浮気・不倫の慰謝料請求における求償権について

浮気・不倫の慰謝料請求における求償権について

浮気・不倫の不貞行為が発覚し、相手パートナーから慰謝料請求されたとき、次に挙げるようなお話をされる方がよくおります。

「浮気・不倫をしたことは事実なので責任はとるが、私だけが慰謝料を支払うのは納得できない。」
「あなたのパートナーが積極的に交際を迫ってきたのに、なぜ私ひとりが慰謝料を負担しなければならないのか。」

不貞行為が事実であればその責任を負わなければなりませんが、ご自身だけが慰謝料をはじめ、その責任のすべてを負うことについて納得できないのは、当然ともいえます。状況にもよりますが、当事者同士で50:50の割合で責任を負うと考えることが多いでしょう。

慰謝料においては、「求償権」と呼ばれる権利があり、求償権を行使することで、支払った慰謝料から適正な負担分を請求したり、求償権を前提に慰謝料額の交渉を行うこともあります。

ここでは、求償権の基本的な内容をはじめ、不貞行為で慰謝料請求された場合、減額交渉の手段として求償権をどのように行使すべきか、慰謝料請求する側は求償権の放棄を視野にどう交渉すべきかなど、状況に応じた求償権の考え方について解説します。

この記事の内容

浮気・不倫の慰謝料請求における求償権とは?

不貞行為を行うと、慰謝料請求者の配偶者と不貞相手との「共同不法行為」という扱いになります。配偶者と不貞相手の両名は、「不真正連帯債務者」となり、慰謝料全額について、連帯して支払う責任を負うことになります。
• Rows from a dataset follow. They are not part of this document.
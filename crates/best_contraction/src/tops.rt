// Tops: for each part of 64 vertices the highest of their bounds, so that a bound that changes needs a pass over its part only. Vertices and
// parts count from 1: part c ends with vertex 64 * c, or with the last of all.
ghost use Rattle.std.specs.Prelude.{◌≡◌, ◌+◌, ◌-◌, ◌*◌, ◌≤◌, ◌<◌, length, set};
ghost use Rattle.best_contraction.specs.Bound.{Highest};
ghost use Rattle.best_contraction.specs.PartTop.{TopOf, part_end, Topped, Tops, FirstUp};

// A part and its top.
#[derive(Clone, Copy)]
struct Top {
    bound: u64,
    part: usize,
}

// The highest of the four entries after `y`.
pub fn four_top(table: &[u64; 1025], y: usize) -> u64
    requires { (length table.now ≡ 1025) × (y + 4 ≤ 1024) }
    ensures { TopOf table.now y (y + 4) result }
{
    u64::max(
        u64::max(table[y + 1], table[y + 2]),
        u64::max(table[y + 3], table[y + 4]),
    )
}

// The highest of the entries after `from`, up to `to`, one by one; 0 where there is none. No Option: the highest of two parts is then
// one max.
fn rest_top(bounds: &[u64; 1025], from: usize, to: usize) -> u64
    requires { (length bounds.now ≡ 1025) × (from ≤ to) × (to ≤ 1024) }
    ensures { TopOf bounds.now from to result }
{
    let mut top: u64 = 0;
    for y in from..to {
        top = u64::max(top, bounds[y + 1]);
    }
    top
}

// The same, four at a time: of the four none waits for another.
fn part_top(bounds: &[u64; 1025], from: usize, to: usize) -> u64
    requires { (length bounds.now ≡ 1025) × (from ≤ to) × (to ≤ 1024) }
    ensures { TopOf bounds.now from to result }
{
    let mut top: u64 = 0;
    let fours = (to - from) / 4;
    for i in 0..fours {
        top = u64::max(top, four_top(bounds, from + 4 * i));
    }
    u64::max(top, rest_top(bounds, from + 4 * fours, to))
}

// The last vertex of part `c`, where there are `n`.
fn part_end(c: usize, n: usize) -> usize
    requires { c ≤ 16 }
    ensures { result ≡ part_end c n }
{
    usize::min(64 * c, n)
}

// Sets the tops of all parts of the `n` vertices.
pub fn set_tops(tops: &mut [u64; 17], bounds: &[u64; 1025], n: usize)
    requires { (length tops.old ≡ 17) × (length bounds.now ≡ 1025) × (n ≤ 1024) }
    ensures { Topped bounds.now n tops.new }
{
    for i in 0..n.div_ceil(64) {
        tops[i + 1] = part_top(bounds, 64 * i, part_end(i + 1, n));
    }
}

// Sets the bound of `u`, and the top of its part.
pub fn set_bound(bounds: &mut [u64; 1025], tops: &mut [u64; 17], u: usize, bound: u64, n: usize)
    requires { (length bounds.old ≡ 1025) × (1 ≤ u) × (u ≤ n) × (n ≤ 1024) × Topped bounds.old n tops.old }
    ensures { (bounds.new ≡ set bounds.old u bound) × Topped bounds.new n tops.new }
{
    bounds[u] = bound;
    let i = (u - 1) / 64;
    tops[i + 1] = part_top(bounds, 64 * i, part_end(i + 1, n));
}

// The higher of the part `c`, of that top, and the highest before it.
fn higher(bound: u64, c: usize, top: Top) -> Top
    ensures { Tops bound c top.bound top.part result.bound result.part }
{
    let high = top.bound;
    if high < bound {
        return Top { bound, part: c };
    }
    top
}

// The part of the highest top, the first of those.
fn highest_part(tops: &[u64; 17], parts: usize) -> usize
    requires { (length tops.now ≡ 17) × (1 ≤ parts) × (parts ≤ 16) }
    ensures { Highest tops.now parts result }
{
    let mut top = Top {
        bound: tops[1],
        part: 1,
    };
    for i in 1..parts {
        top = higher(tops[i + 1], i + 1, top);
    }
    top.part
}

// The first vertex after `from` whose bound is `top`, the highest of those up to `to`.
fn first_up(bounds: &[u64; 1025], from: usize, to: usize, top: u64) -> usize
    requires { (length bounds.now ≡ 1025) × (from < to) × (to ≤ 1024) × TopOf bounds.now from to top }
    ensures { FirstUp bounds.now from to top result }
{
    for y in from + 1..to {
        if top <= bounds[y] {
            return y;
        }
    }
    to
}

// The vertex of the highest bound, the first of those.
pub fn highest(tops: &[u64; 17], bounds: &[u64; 1025], n: usize) -> usize
    requires { (length bounds.now ≡ 1025) × (1 ≤ n) × (n ≤ 1024) × Topped bounds.now n tops.now }
    ensures { Highest bounds.now n result }
{
    let c = highest_part(tops, n.div_ceil(64));
    first_up(bounds, 64 * (c - 1), part_end(c, n), tops[c])
}
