// Ratings of one vertex with all others, added up over its own nets. Vertices and blocks count from 1, nets from 0.
ghost use Rattle.std.specs.Prelude.{◌≡◌, ◌+◌, ◌*◌, ◌≤◌, ◌<◌, length};
ghost use Rattle.laws.specs.Occurrence.{occ};
ghost use Rattle.best_contraction.specs.Rating.{lesser, term_of, row_of, own_sum, OwnOk, Raised, Holds, StretchOk, RowOk, Blank};

use incidence::nets_of;

// What a net of weight `w` with `n` pins adds to the rating of two of them.
pub fn term(w: u16, n: u16) -> u64
    ensures { (result ≡ term_of w n) × (result ≤ 536870912) }
{
    if n < 2 {
        return 0;
    }
    5040 * (w as u64) / (n as u64 - 1)
}

// Adds the term to each pin of a net.
fn add_net(acc: &mut [u64; 1025], presentpins: &[u16], first: usize, n: usize, t: u64)
    requires stretch_ok { StretchOk acc.old presentpins.now first n 1152921504606846976 }
    requires t_bound { t ≤ 536870912 }
    ensures { Raised acc.old acc.new (λ z. t * occ presentpins.now first n z) }
{
    for i in 0..n {
        let y = usize::from(presentpins[first + i]);
        acc[y] = acc[y] + t;
    }
}

// Adds up the ratings of `u` with every vertex, whether the two may be contracted or not.
pub fn accumulate(
    acc: &mut [u64; 1025],
    bits: &[u64],
    presentpins: &[u16],
    firsts: &[u16],
    presentsizes: &[u16],
    net_weights: &[u16],
    u: usize,
    m: usize,
)
    requires row_ok { RowOk presentpins.now firsts.now presentsizes.now net_weights.now m }
    requires blank { Blank acc.old × (1 ≤ u) × (16 * u ≤ length bits.now) }
    ensures { Holds acc.new (row_of bits.now presentpins.now firsts.now presentsizes.now net_weights.now u m) }
{
    for e in nets_of(bits, u - 1, m) {
        add_net(
            acc,
            presentpins,
            usize::from(firsts[e]),
            usize::from(presentsizes[e]),
            term(net_weights[e], presentsizes[e]),
        );
    }
}

// The sum of the terms of the nets of `u`: no rating of `u` passes it.
pub fn own_sum(bits: &[u64], presentsizes: &[u16], net_weights: &[u16], u: usize, m: usize) -> u64
    requires { OwnOk bits.now presentsizes.now net_weights.now u m }
    ensures { result ≡ own_sum bits.now presentsizes.now net_weights.now u m }
{
    let mut sum: u64 = 0;
    for e in nets_of(bits, u - 1, m) {
        sum += term(net_weights[e], presentsizes[e]);
    }
    sum
}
例えば、請求者に100万円の慰謝料請求権が生じた場合、その配偶者と不貞相手とは、2人合わせて100万円を用意して、請求者に支払いをする義務を負います。請求者は、100万円について、どちらの当事者にいくら請求しても構いません。配偶者と不貞相手の両方に請求することもできますし、どちらか一方から全額を回収することもできます。対して、配偶者と不貞相手は、原則として、いずれも100万円全額について支払う責任を負いますから、請求者に対して「私の責任は半分だから50万円しか支払わない」と主張することはできません。

求償権の内容例をイラストにしたイメージ図

請求者に対して、請求者の配偶者と不貞相手のいずれかが多くの慰謝料を支払った場合、そのままでは不貞をした者同士で不平等が生じます。そこで、一方の当事者が、自分で負担すべき部分を超えて慰謝料を支払った場合、他方の当事者に対して、超過部分を請求することができます。この自己の負担部分を超えた金額の請求権を「求償権」といいます。

例えば、請求を受けた不貞相手が100万円全額を支払った場合、請求者の配偶者に50万円を求償することができるというような扱いになります。

求償における責任割合について

請求者の配偶者と不貞相手との間での慰謝料負担額については、その不貞行為における責任割合(過失割合)によって決まります。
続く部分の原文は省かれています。